Allerdings bietet die Exception nur sehr wenig Möglichkeiten (GetMessage()) den Fehler auszulesen. SQLState ist leider nicht öffentlich und hat auch keinen getter.
Wie komme ich an den Fehlercode ? Wie macht Ihr soetwas ?
Danke


----------



## Javacode (23. Mrz 2011)

Hey, ich würde in dem Fall einfach Breakpoints setzen und das ganze im Debug Modus Schritt für Schritt abarbeiten. Dann solltest du auch an deine Fehlerquelle stoßen.

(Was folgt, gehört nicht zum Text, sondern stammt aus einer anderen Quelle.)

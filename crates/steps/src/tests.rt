//! What is written when reading or writing fails.
use crate::run;
use std::io;
use std::io::{Read, Write};
use std::test::Fail;

/// Gives its bytes, and then fails where it should end.
#[derive(Drop)]
struct BreaksOff {
    bytes: &'static [u8],
}

impl Read for BreaksOff {
    fn read(&mut self, buf: &mut [u8]) -> io::Result<usize> {
        if self.bytes.is_empty() {
            return Err(io::ErrorKind::ConnectionReset.into());
        }
        self.bytes.read(buf)
    }
}

/// Takes a few bytes, and then fails.
#[derive(Drop)]
struct FillsUp {
    room: usize,
}

impl Write for FillsUp {
    fn write(&mut self, buf: &[u8]) -> io::Result<usize> {
        if self.room == 0 {
            return Err(io::ErrorKind::StorageFull.into());
        }
        let len = self.room.min(buf.len());
        self.room -= len;
        Ok(len)
    }

    fn flush(&mut self) -> io::Result<()> {
        Ok(())
    }
}

// A whole line could be listed of what was read, and none is written.
#[test]
fn a_reader_that_breaks_off_writes_nothing(rt: HostRuntime) -> Result<(), Fail> {
    let mut reader = BreaksOff {
        bytes: b"L\x02\x01HEQ\0\0",
    };
    let mut written = Vec::new(rt.alloc());
    let why = run(rt.alloc(), &mut reader, &mut written)
        .err()
        .ok_or("it is done")?;
    assert_eq!(rt;
        format!(in rt.alloc(); "{why}")?.as_str(),
        "connection reset"
    );
    assert_eq!(rt; written.len(), 0);
    Ok(())
}

#[test]
fn a_writer_that_fills_up_is_an_error(rt: HostRuntime) -> Result<(), Fail> {
    let mut reader: &[u8] = b"L\x02\x01HEQ\0\0";
    let why = run(rt.alloc(), &mut reader, &mut FillsUp { room: 8 })
        .err()
        .ok_or("it is done")?;
    assert_eq!(rt;
        format!(in rt.alloc(); "{why}")?.as_str(),
        "no storage space"
    );
    Ok(())
}

#[test]
fn the_listing_is_written(rt: HostRuntime) -> Result<(), Fail> {
    let mut reader: &[u8] = b"L\x02\x01HEQ\0\0";
    let mut written = Vec::new(rt.alloc());
    run(rt.alloc(), &mut reader, &mut written)?;
    assert_eq!(rt; written.as_slice(), b"1 L ok\n2 Q 0\n".as_slice());
    Ok(())
}
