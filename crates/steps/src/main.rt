//! Reads a step script from standard input and prints its listing.
#![tactic(auto)]

ghost use Rattle.std.specs.Prelude.{◌≡◌, IfOk, IfSome, OnOk};
ghost use Rattle.std.specs.Io.KnownBytes.{Appends};
ghost use Rattle.script.specs.Laws.{IsListing};
ghost use Rattle.script.specs.Scripts.{listing, script_of};

use script::list::list;
use script::script::MOST_SCRIPT_BYTES;
use std::alloc::Global;
use std::io;
use std::io::{Read, Write};

#[cfg(test)]
mod tests;

fn main(rt: HostRuntime) -> anyhow::Result<()> {
    run(rt.alloc(), &mut rt.stdin(), &mut rt.stdout())
}

/// Reads a script and writes its listing, and nothing else. Nothing is written before all was read and listed.
fn run<R: Read, W: Write>(heap: Global, reader: &mut R, writer: &mut W) -> anyhow::Result<()>
    ensures value { OnOk result (IfSome (R.remaining reader.old) (λ input.
        Appends (W.contents writer.old) (W.contents writer.new) (listing input))) }
    ensures law { OnOk result (IfSome (R.remaining reader.old) (λ input. IsListing input (listing input))) }
{
    let listing = read_listing(heap, reader)?;
    writer.write_all(&listing)?;
    Ok(())
}

/// The listing of the script that a reader gives. It has no writer, so it can write nothing.
fn read_listing<R: Read>(heap: Global, reader: &mut R) -> anyhow::Result<Vec<u8>>
    ensures value { IfOk result (λ text. IfSome (R.remaining reader.old) (λ input. text.items ≡ listing input)) }
    ensures law { IfOk result (λ text. IfSome (R.remaining reader.old) (λ input. IsListing input text.items)) }
{
    let script = read_script(heap, reader)?;
    Ok(list(heap, &script)?)
}

/// The bytes that are a script's. What lies past them is not read.
fn read_script<R: Read>(heap: Global, reader: &mut R) -> io::Result<Vec<u8>>
    ensures { IfOk result (λ script. IfSome (R.remaining reader.old) (λ input. script.items ≡ script_of input)) }
{
    let mut script = Vec::new(heap);
    reader
        .take(MOST_SCRIPT_BYTES as u64)
        .read_to_end(&mut script)?;
    Ok(script)
}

Ansonsten: den StackTrace ausgeben lassen, log4j benutzen 

Grüße,
Javacode


----------



## famco (23. Mrz 2011)

ich glaube Du hast mich falsch verstanden. Das Programm läuft im Moment ohne Fehler 

Meine Frage betrifft das generelle Fehlerhandling: ich würde gerne im Programm gezielt auf bestimmte Meldungen reagieren können. Aber leider liefert mir die Exception keinen vernünftigen Code, sondern nur einen String, den ich mit getMessage abholen kann ....


----------



## Javacode (23. Mrz 2011)

Aso Ok jetzt verstehe ich.

Kurzer Review zu deinem Code:

Bei so viel arten an Anweisungen in einem try catch Block wirds schwer sein.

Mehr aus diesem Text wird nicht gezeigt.